= What to produce =
Of all the lines in the records below, copy only those that contain the string "second".
*** Raw data ***
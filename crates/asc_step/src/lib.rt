//! One step of the machine, over any state that code reads and writes through `Words`.
#![tactic(auto)]

mod arithmetic;
mod effect;
mod execute;
mod faults;
mod finish;
mod many;
mod places;
mod specialized;
mod stepped;
mod stepping;
mod version;

pub use many::{step_down, step_many, step_until};
pub use stepped::Stepped;
pub use stepping::{step, step_anew, step_settled, try_step};
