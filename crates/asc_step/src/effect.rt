//! What an instruction does, once its operands are read.
ghost use Rattle.std.specs.Prelude.{◌≡◌, ◌*◌, ◌^◌, ◌<◌};
ghost use Rattle.asc_model.specs.Effect.{effect, branch, Load, Store, Modify};
ghost use Rattle.asc_model.specs.Step.{loaded_word};
ghost use Rattle.asc_step.specs.Effect.{model_effect, bytes_in, changed};

use crate::arithmetic::{
    even_part, greater, high_product_mixed, high_product_signed, high_product_unsigned, is_less,
    lesser, one_if, quotient, quotient_unsigned, remainder, remainder_unsigned, shift_left,
    shift_right, shift_right_signed,
};
use asc_model::Op;

/// How many bytes a load or a store moves.
#[derive(Clone, Copy)]
pub(crate) enum Size {
    /// One.
    Byte,
    /// Two.
    Half,
    /// Four.
    Word,
}

impl Size {
    /// How many bytes it is.
    #[inline(always)]
    pub(crate) fn bytes(self) -> u32
        ensures { result ≡ bytes_in self }
    {
        match self {
            Size::Byte => 1,
            Size::Half => 2,
            Size::Word => 4,
        }
    }
}

/// What an atomic makes of a word in memory and the value of its second source.
#[derive(Clone, Copy)]
pub(crate) enum Amo {
    Swap,
    Add,
    Xor,
    And,
    Or,
    Min,
    Max,
    MinUnsigned,
    MaxUnsigned,
}

/// What is left to do of an instruction.
#[derive(Clone, Copy)]
pub(crate) enum Effect {
    /// The destination is to get this value.
    Set(u32),
    /// The destination is to get what is loaded, extended by its sign or by zeros.
    Load {
        size: Size,
        signed: bool,
        address: u32,
    },
    /// The lowest bytes of the value are to be stored.
    Store {
        size: Size,
        address: u32,
        value: u32,
    },
    /// The destination is to get the address behind the instruction, and the program to go on at the target.
    Jump(u32),
    /// The destination is to get the word there, and its address to be reserved.
    LoadReserved(u32),
    /// The word is to become the value if its address is reserved.
    StoreConditional {
        address: u32,
        value: u32,
    },
    /// The destination is to get the word there, which is to be changed.
    Modify {
        amo: Amo,
        address: u32,
        value: u32,
    },
    /// The environment is called.
    GuestCall,
    /// The program breaks.
    Breakpoint,
}

/// What an operation computes with.
#[derive(Clone, Copy)]
pub(crate) struct Operands {
    /// The address of the instruction.
    pub(crate) pc: u32,
    /// The value of the first source register.
    pub(crate) a: u32,
    /// The value of the second source register.
    pub(crate) b: u32,
    /// The immediate, as a word.
    pub(crate) immediate: u32,
}

/// The effect of a branch, which jumps where the test holds.
#[inline(always)]
fn branch(test: bool, target: u32) -> Effect
    ensures { model_effect result ≡ branch test target }
{
    if test {
        Effect::Jump(target)
    } else {
        Effect::Set(0)
    }
}

#[inline(always)]
fn load(size: Size, signed: bool, address: u32) -> Effect
    ensures { model_effect result ≡ Load (bytes_in size) signed address }
{
    Effect::Load {
        size,
        signed,
        address,
    }
}

#[inline(always)]
fn store(size: Size, address: u32, value: u32) -> Effect
    ensures { model_effect result ≡ Store (bytes_in size) address value }
{
    Effect::Store {
        size,
        address,
        value,
    }
}

#[inline(always)]
fn modify(amo: Amo, address: u32, value: u32) -> Effect
    ensures { model_effect result ≡ Modify address (λ old. changed amo old value) }
{
    Effect::Modify {
        amo,
        address,
        value,
    }
}

/// The effect of an operation on its operands.
#[inline(always)]
pub(crate) fn effect_of(op: Op, operands: Operands) -> Effect
    ensures { model_effect result ≡ effect op operands.pc operands.a operands.b operands.immediate }
{
    let Operands {
        pc,
        a,
        b,
        immediate,
    } = operands;
    match op {
        Op::Lui => Effect::Set(immediate),
        Op::Auipc => Effect::Set(pc.wrapping_add(immediate)),
        Op::Jal => Effect::Jump(pc.wrapping_add(immediate)),
        Op::Jalr => Effect::Jump(even_part(a.wrapping_add(immediate))),
        Op::Beq => branch(a == b, pc.wrapping_add(immediate)),
        Op::Bne => branch(a != b, pc.wrapping_add(immediate)),
        Op::Blt => branch(is_less(a, b), pc.wrapping_add(immediate)),
        Op::Bge => branch(!is_less(a, b), pc.wrapping_add(immediate)),
        Op::Bltu => branch(a < b, pc.wrapping_add(immediate)),
        Op::Bgeu => branch(a >= b, pc.wrapping_add(immediate)),
        Op::Lb => load(Size::Byte, true, a.wrapping_add(immediate)),
        Op::Lh => load(Size::Half, true, a.wrapping_add(immediate)),
        Op::Lw => load(Size::Word, true, a.wrapping_add(immediate)),
        Op::Lbu => load(Size::Byte, false, a.wrapping_add(immediate)),
        Op::Lhu => load(Size::Half, false, a.wrapping_add(immediate)),
        Op::Sb => store(Size::Byte, a.wrapping_add(immediate), b),
        Op::Sh => store(Size::Half, a.wrapping_add(immediate), b),
        Op::Sw => store(Size::Word, a.wrapping_add(immediate), b),
        Op::Addi => Effect::Set(a.wrapping_add(immediate)),
        Op::Slti => Effect::Set(one_if(is_less(a, immediate))),
        Op::Sltiu => Effect::Set(one_if(a < immediate)),
        Op::Xori => Effect::Set(a ^ immediate),
        Op::Ori => Effect::Set(a | immediate),
        Op::Andi => Effect::Set(a & immediate),
        Op::Slli => Effect::Set(shift_left(a, immediate)),
        Op::Srli => Effect::Set(shift_right(a, immediate)),
        Op::Srai => Effect::Set(shift_right_signed(a, immediate)),
        Op::Add => Effect::Set(a.wrapping_add(b)),
        Op::Sub => Effect::Set(a.wrapping_sub(b)),
        Op::Sll => Effect::Set(shift_left(a, b)),
        Op::Slt => Effect::Set(one_if(is_less(a, b))),
        Op::Sltu => Effect::Set(one_if(a < b)),
        Op::Xor => Effect::Set(a ^ b),
        Op::Srl => Effect::Set(shift_right(a, b)),
        Op::Sra => Effect::Set(shift_right_signed(a, b)),
        Op::Or => Effect::Set(a | b),
        Op::And => Effect::Set(a & b),
        Op::Fence | Op::FenceI => Effect::Set(0),
        Op::Ecall => Effect::GuestCall,
        Op::Ebreak => Effect::Breakpoint,
        Op::Mul => Effect::Set(a.wrapping_mul(b)),
        Op::Mulh => Effect::Set(high_product_signed(a, b)),
        Op::Mulhsu => Effect::Set(high_product_mixed(a, b)),
        Op::Mulhu => Effect::Set(high_product_unsigned(a, b)),
        Op::Div => Effect::Set(quotient(a, b)),
        Op::Divu => Effect::Set(quotient_unsigned(a, b)),
        Op::Rem => Effect::Set(remainder(a, b)),
        Op::Remu => Effect::Set(remainder_unsigned(a, b)),
        Op::LrW => Effect::LoadReserved(a),
        Op::ScW => Effect::StoreConditional {
            address: a,
            value: b,
        },
        Op::AmoswapW => modify(Amo::Swap, a, b),
        Op::AmoaddW => modify(Amo::Add, a, b),
        Op::AmoxorW => modify(Amo::Xor, a, b),
        Op::AmoandW => modify(Amo::And, a, b),
        Op::AmoorW => modify(Amo::Or, a, b),
        Op::AmominW => modify(Amo::Min, a, b),
        Op::AmomaxW => modify(Amo::Max, a, b),
        Op::AmominuW => modify(Amo::MinUnsigned, a, b),
        Op::AmomaxuW => modify(Amo::MaxUnsigned, a, b),
    }
}

/// What an atomic makes of the word in memory and the value of its second source.
#[inline(always)]
pub(crate) fn changed(amo: Amo, old: u32, value: u32) -> u32
    ensures { result ≡ changed amo old value }
{
    match amo {
        Amo::Swap => value,
        Amo::Add => old.wrapping_add(value),
        Amo::Xor => old ^ value,
        Amo::And => old & value,
        Amo::Or => old | value,
        Amo::Min => lesser(old, value),
        Amo::Max => greater(old, value),
        Amo::MinUnsigned => old.min(value),
        Amo::MaxUnsigned => old.max(value),
    }
}

/// A loaded number of that size as a word: extended by its sign, or by zeros.
#[inline(always)]
pub(crate) fn loaded_word(size: Size, signed: bool, number: u32) -> u32
    requires { number < 2 ^ (8 * bytes_in size) }
    ensures { result ≡ loaded_word (bytes_in size) signed number }
{
    match size {
        Size::Byte if signed => i32::from((number as u8).cast_signed()).cast_unsigned(),
        Size::Half if signed => i32::from((number as u16).cast_signed()).cast_unsigned(),
        _ => number,
    }
}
*** End of Raw data ***
= Expected answer =
/// What an atomic makes of a word in memory and the value of its second source.
    /// The value of the second source register.
/// What an atomic makes of the word in memory and the value of its second source.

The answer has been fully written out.